Where a line contains "pub(crate) fn keep_folder(&mut", start there and write out that line and each one after it, word for word, through the final line of the entries; add nothing else.

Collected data
= = = =
//! The disk in memory, and what tests put on it and find there.

ghost use Rattle.std.specs.Prelude.{◌≡◌, ◌^◌, ◌-◌, [], ◌∷◌, ◌++◌, OnOk, OnErr};
ghost use Rattle.std.specs.Option.{option_map};
ghost use Rattle.std.specs.FinMap as map;
ghost use Rattle.nwq_outside.specs.Outside.{next};
ghost use Rattle.real_files.specs.Disk.{folder_of};
ghost use Rattle.memory_disk.specs.declared.node.Node.TheVariants as node;
ghost use Rattle.memory_disk.specs.Drive.{files_of, modes_of, links_of, is_among, is_fixed};

use crate::nodes::NodeTable;
use nwq_value::{Items, NoMemory};
use real_files::paths::folder_of;
use std::alloc::Global;
use std::marker::Model;

/// How a call goes.
#[derive(Clone, Copy)]
pub(crate) enum Going {
    Runs,
    /// It fails, and changes nothing.
    Fails,
    /// It fails after the first half of its bytes.
    Breaks,
}

/// A disk in memory. Each call of [`Disk`](real_files::Disk) is counted, from 0.
#[derive(Drop)]
pub struct MemoryDisk {
    alloc: Global,
    nodes: NodeTable,
    marked: Items<Items<u8>>,
    closed: Items<Items<u8>>,
    room: usize,
    written: Items<Items<u8>>,
    listed: Items<Items<u8>>,
    failing: Items<u64>,
    breaking: Items<u64>,
    calls: u64,
}

impl Model for MemoryDisk {
    ghost use Rattle.memory_disk.specs.Drive.{Drive, drive_code};

    ghost Value = { Drive };

    ghost coded = { drive_code };

    ghost view = { λ d. record {
      nodes = d.nodes;
      marked = d.marked;
      closed = d.closed;
      room = d.room;
      written = d.written;
      listed = d.listed;
      failing = d.failing;
      breaking = d.breaking;
      calls = d.calls;
    } };
}

/// Whether a name is among these.
fn is_among(list: &Items<Items<u8>>, name: &[u8]) -> bool
    ensures { result ≡ is_among list.now name.now }
{
    list.as_slice().iter().any(|other| other.as_slice() == name)
}

impl MemoryDisk {
    /// A disk without names, with room for all that memory holds. No call is to fail.
    pub fn new(alloc: Global) -> MemoryDisk
        ensures empty { result ≡ record {
          nodes = map.empty;
          marked = [];
          closed = [];
          room = 2 ^ 64 - 1;
          written = [];
          listed = [];
          failing = [];
          breaking = [];
          calls = 0;
        } }
    {
        MemoryDisk {
            alloc,
            nodes: NodeTable::new(alloc),
            marked: Items::new(alloc),
            closed: Items::new(alloc),
            room: usize::MAX,
            written: Items::new(alloc),
            listed: Items::new(alloc),
            failing: Items::new(alloc),
            breaking: Items::new(alloc),
            calls: 0,
        }
    }

    /// Puts a regular file under the name, in place of what was there.
    pub fn add_file(&mut self, name: &str, mode: u32, bytes: &[u8]) -> Result<(), NoMemory>
        ensures ok { OnOk result (self.new ≡ record self.old {
          nodes = map.insert self.old.nodes name.now (node.File mode bytes.now);
        }) }
        ensures err { OnErr result (self.new ≡ self.old) }
    {
        self.nodes.put_file(name.as_bytes(), mode, bytes)
    }

    /// Puts a link under the name, in place of what was there.
    pub fn add_link(&mut self, name: &str, text: &[u8]) -> Result<(), NoMemory>
        ensures ok { OnOk result (self.new ≡ record self.old {
          nodes = map.insert self.old.nodes name.now (node.Link text.now);
        }) }
        ensures err { OnErr result (self.new ≡ self.old) }
    {
        self.nodes.put_link(name.as_bytes(), text)
    }

    /// Marks the name, so that what it has can't be replaced, as a mount point.
    pub fn mark(&mut self, name: &str) -> Result<(), NoMemory>
        ensures ok { OnOk result
            (self.new ≡ record self.old { marked = self.old.marked ++ name.now ∷ [] }) }
        ensures err { OnErr result (self.new ≡ self.old) }
    {
        let copy = Items::of_slice(self.alloc, name.as_bytes())?;
        self.marked.push(copy)
    }

    /// Marks the name, and puts a device under it. After `NoMemory` it may be marked.
    pub fn add_device(&mut self, name: &str, bytes: &[u8]) -> Result<(), NoMemory>
        ensures ok { OnOk result (self.new ≡ record self.old {
          nodes = map.insert self.old.nodes name.now (node.Device bytes.now);
          marked = self.old.marked ++ name.now ∷ [];
        }) }
        ensures err { OnErr result (self.new.nodes ≡ self.old.nodes) }
    {
        self.mark(name)?;
        self.nodes.put_device(name.as_bytes(), bytes)
    }

    /// Closes a folder, whose name ends in its slash: no file can be made there, and what is there
    /// can't be replaced.
    pub fn close(&mut self, folder: &str) -> Result<(), NoMemory>
        ensures ok { OnOk result
            (self.new ≡ record self.old { closed = self.old.closed ++ folder.now ∷ [] }) }
        ensures err { OnErr result (self.new ≡ self.old) }
    {
        let copy = Items::of_slice(self.alloc, folder.as_bytes())?;
        self.closed.push(copy)
    }

    /// Leaves room for so many bytes more.
    pub fn set_room(&mut self, room: usize)
        ensures room { self.new ≡ record self.old { room = room } }
    {
        self.room = room;
    }

    /// Lets that call fail.
    pub fn fail_at(&mut self, call: u64) -> Result<(), NoMemory>
        ensures ok { OnOk result
            (self.new ≡ record self.old { failing = self.old.failing ++ call ∷ [] }) }
        ensures err { OnErr result (self.new ≡ self.old) }
    {
        self.failing.push(call)
    }

    /// Lets that call break off, if it has bytes to write, and else fail.
    pub fn break_at(&mut self, call: u64) -> Result<(), NoMemory>
        ensures ok { OnOk result
            (self.new ≡ record self.old { breaking = self.old.breaking ++ call ∷ [] }) }
        ensures err { OnErr result (self.new ≡ self.old) }
    {
        self.breaking.push(call)
    }

    /// How many calls there were.
    pub fn calls(&self) -> u64
        ensures count { result ≡ self.now.calls }
    {
        self.calls
    }

    /// What a read of the name gives, where it is no link.
    pub fn bytes(&self, name: &str) -> Option<&[u8]>
        ensures found { option_map (λ bytes. bytes.now) result
            ≡ map.get (files_of self.now.nodes) name.now }
    {
        self.nodes.bytes(name.as_bytes())
    }

    /// The mode of a regular file.
    pub fn mode(&self, name: &str) -> Option<u32>
        ensures found { result ≡ map.get (modes_of self.now.nodes) name.now }
    {
        self.nodes.mode(name.as_bytes())
    }

    /// The text of a link.
    pub fn link(&self, name: &str) -> Option<&[u8]>
        ensures found { option_map (λ text. text.now) result
            ≡ map.get (links_of self.now.nodes) name.now }
    {
        self.nodes.link(name.as_bytes())
    }

    pub(crate) fn alloc(&self) -> Global {
        self.alloc
    }

    pub(crate) fn nodes(&self) -> &NodeTable
        ensures { result.now ≡ self.now.nodes }
    {
        &self.nodes
    }

    /// Whether no file can be made in the folder of this name.
    pub(crate) fn is_closed(&self, name: &[u8]) -> bool
        ensures { result ≡ is_among self.now.closed (folder_of name.now) }
    {
        is_among(&self.closed, folder_of(name))
    }

    /// Whether what has this name can't be replaced.
    pub(crate) fn is_fixed(&self, name: &[u8]) -> bool
        ensures { result ≡ is_fixed self.now.marked self.now.closed name.now }
    {
        is_among(&self.marked, name) || self.is_closed(name)
    }

    /// How many bytes a file of this name takes of the room.
    pub(crate) fn size(&self, name: &[u8]) -> usize {
        match self.nodes.mode(name) {
            None => 0,
            Some(_) => match self.nodes.bytes(name) {
                None => 0,
                Some(bytes) => bytes.len(),
            },
        }
    }

    pub(crate) fn room(&self) -> usize
        ensures { result ≡ self.now.room }
    {
        self.room
    }

    /// Counts a call, and says how it goes.
    pub(crate) fn begin(&mut self) -> Going
        ensures counted { self.new ≡ record self.old { calls = next self.old.calls } }
    {
        let call = self.calls;
        self.calls = self.calls.saturating_add(1);
        if self.breaking.as_slice().contains(&call) {
            return Going::Breaks;
        }
        if self.failing.as_slice().contains(&call) {
            return Going::Fails;
        }
        Going::Runs
    }

    /// Puts a regular file under the name, and leaves so much room.
    pub(crate) fn put_file(
        &mut self,
        name: &[u8],
        mode: u32,
        bytes: &[u8],
        room: usize,
    ) -> Result<(), NoMemory>
        ensures ok { OnOk result (self.new ≡ record self.old {
          nodes = map.insert self.old.nodes name.now (node.File mode bytes.now);
          room = room;
        }) }
        ensures err { OnErr result (self.new ≡ self.old) }
    {
        self.nodes.put_file(name, mode, bytes)?;
        self.room = room;
        Ok(())
    }

    /// Puts a device under the name.
    pub(crate) fn put_device(&mut self, name: &[u8], bytes: &[u8]) -> Result<(), NoMemory>
        ensures ok { OnOk result (self.new ≡ record self.old {
          nodes = map.insert self.old.nodes name.now (node.Device bytes.now);
        }) }
        ensures err { OnErr result (self.new ≡ self.old) }
    {
        self.nodes.put_device(name, bytes)
    }

    /// Takes out what is under the name, and leaves so much room. Each folder is to be told anew
    /// that it is to last.
    pub(crate) fn take_out(&mut self, name: &[u8], room: usize)
        ensures gone { self.new ≡ record self.old {
          nodes = map.remove self.old.nodes name.now;
          room = room;
          listed = [];
        } }
    {
        self.nodes.remove(name);
        self.room = room;
        self.listed.clear();
    }

    /// Has these bytes for good.
    pub(crate) fn keep_bytes(&mut self, bytes: &[u8]) -> Result<(), NoMemory>
        ensures ok { OnOk result
            (self.new ≡ record self.old { written = self.old.written ++ bytes.now ∷ [] }) }
        ensures err { OnErr result (self.new ≡ self.old) }
    {
        let copy = Items::of_slice(self.alloc, bytes)?;
        self.written.push(copy)
    }

    /// Has the folder of this name as it is.
    pub(crate) fn keep_folder(&mut self, name: &[u8]) -> Result<(), NoMemory>
        ensures ok { OnOk result (self.new
            ≡ record self.old { listed = self.old.listed ++ folder_of name.now ∷ [] }) }
        ensures err { OnErr result (self.new ≡ self.old) }
    {
        let copy = Items::of_slice(self.alloc, folder_of(name))?;
        self.listed.push(copy)
    }
}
= = = =
## Result of this task
    pub(crate) fn keep_folder(&mut self, name: &[u8]) -> Result<(), NoMemory>
        ensures ok { OnOk result (self.new
            ≡ record self.old { listed = self.old.listed ++ folder_of name.now ∷ [] }) }
        ensures err { OnErr result (self.new ≡ self.old) }
    {
        let copy = Items::of_slice(self.alloc, folder_of(name))?;
        self.listed.push(copy)
    }
}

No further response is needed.